Late-month data from the Central Energy Fund is pointing towards significant price cuts for petrol and diesel.
Johannesburg – South African motorists enjoyed one of the biggest fuel price decreases ever in April, with petrol falling by up to R1.88 and diesel by R1.35, although most people didn’t feel the benefit due to the nationwide lockdown.
However, there is further good news for May, with late-month data from the Central Energy Fund pointing towards another significant price cut.

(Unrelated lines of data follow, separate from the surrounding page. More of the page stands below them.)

//! Where a process stands.

ghost use Rattle.std.specs.Prelude.{◌≡◌, false, true};
ghost use Rattle.tproc.specs.ProcessStatus.{is_live, is_queued, not_waiting, reason_of, status};
ghost use Rattle.tproc.specs.LinkChannels.{is_running};
ghost use Rattle.tproc.specs.Agreement.{Agrees, IsReady};
ghost use Rattle.tproc.specs.Requests.{IfQueued, reason_in};
ghost use Rattle.tproc.specs.Entries.{entry_in, lists_in};

use crate::claimed_memory::ClaimedMemory;
use crate::engine::Engine;
use crate::state::State;
use crate::waiter::{Entry, Reason};
use tword::Word;

/// Where a descriptor is found. One that is queued or waits comes first, since the process that runs may have moved
/// onto its workspace.
#[derive(Clone, Copy, Debug, PartialEq, Eq)]
pub enum ProcessStatus {
    /// The process waits for this.
    Waits(Reason),
    /// The process is in the queue of its priority.
    Queued,
    /// The process is the one that runs.
    Runs,
    /// The process is the low one that was interrupted.
    Interrupted,
    /// No live process has this descriptor.
    Unknown,
}

impl State {
    /// Whether the workspace belongs to a live process.
    pub fn is_live(&self, claimed: &ClaimedMemory, workspace: Word) -> bool
        requires ready { IsReady claimed.now.marks self.now }
        ensures { result ≡ is_live self.now workspace }
    {
        claimed.has_saved(workspace)
            || (self.current.is_some() && self.registers.wptr == workspace)
            || match self.interrupted {
                Some(kept) => kept.registers.wptr == workspace,
                None => false,
            }
    }

    /// The entry of a process, if it is queued or waits.
    #[inline]
    fn find(&self, claimed: &ClaimedMemory, process: Word) -> Option<Entry>
        requires agrees { Agrees claimed.now.marks self.now }
        ensures { result ≡ entry_in (lists_in self.now) process }
    {
        self.descheduled.find(claimed, process)
    }

    /// Where a descriptor is found that is neither queued nor waits.
    fn status_elsewhere(&self, process: Word) -> ProcessStatus
        requires { is_queued self.now process ≡ false }
        ensures { result ≡ not_waiting self.now process }
    {
        let sought = u64::from(process.get());
        if let Some(priority) = self.current
            && u64::from(self.registers.wptr.get()) + u64::from(priority.number()) == sought
        {
            return ProcessStatus::Runs;
        }
        match self.interrupted {
            Some(kept) if u64::from(kept.registers.wptr.get()) + 1 == sought =>
                ProcessStatus::Interrupted,
            _ => ProcessStatus::Unknown,
        }
    }
}

impl Engine {
    /// What a process waits for.
    #[inline]
    pub fn reason(&self, process: Word) -> Option<Reason>
        ensures { result ≡ reason_of self.now.state process }
    {
        self.state.find(&self.claimed, process)?.reason
    }

    /// Where a descriptor is found.
    pub fn status(&self, process: Word) -> ProcessStatus
        ensures stands { result ≡ status self.now.state process }
        ensures waits { reason_of self.now.state process ≡ reason_in result }
        ensures queued { IfQueued result (is_queued self.now.state process ≡ true) }
    {
        match self.state.find(&self.claimed, process) {
            Some(entry) => match entry.reason {
                Some(reason) => ProcessStatus::Waits(reason),
                None => ProcessStatus::Queued,
            },
            None => self.state.status_elsewhere(process),
        }
    }

    /// Whether a descriptor is found as the process that runs.
    pub fn runs(&self, process: Word) -> bool
        ensures { result ≡ is_running (status self.now.state process) }
    {
        match &self.status(process) {
            ProcessStatus::Runs => true,
            _ => false,
        }
    }
}
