//! The state of a processor with its memory.

ghost use Rattle.std.specs.Prelude.{◌≡◌};
ghost use Rattle.tproc.specs.Agreement.{Agrees};

use crate::claimed_memory::ClaimedMemory;
use crate::state::State;

/// The state of a processor with its memory. The memory is one of the state's kind, and the claims on it are those of
/// the state: its pending link messages, and the saved words of each process that is queued or waits. A call that
/// leaves this half way, as one that saves the words of a process that does not wait yet, takes the two apart.
#[derive(Drop)]
pub struct Engine {
    pub state: State,
    pub claimed: ClaimedMemory,
    ghost agrees: { Agrees claimed.marks state },
    ghost kind: { claimed.memory.kind ≡ state.kind },
}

Next month’s fuel price calculation will be based on international oil price data up to April 29, and with just two days to go, the current month-average numbers are pointing towards a price decrease of R1.73 a litre for 95 Unleaded petrol and R1.46 for low-sulphur 50ppm diesel. The CEF has not listed the data for 93 Unleaded, and in April that decrease was 12 cents less than that for 95 ULP.
Assuming a R1.73 per litre petrol price cut, a litre of 95 Unleaded will cost motorists R11.53 at the coast, from May 6, and R12.23 in Gauteng.
The price cuts are due to weaker international oil prices, with Brent Crude listed at $22.95 a barrel at the time of writing. Consider that in 2018 oil breached the $80 mark.
Unfortunately South Africans won’t enjoy the full benefit of rock-bottom international oil prices as taxes and levies reportedly make up around 40% of the fuel price equation, which we will explain in more detail in a separate article soon, and the weak rand has also been eroding the fuel price relief to some degree.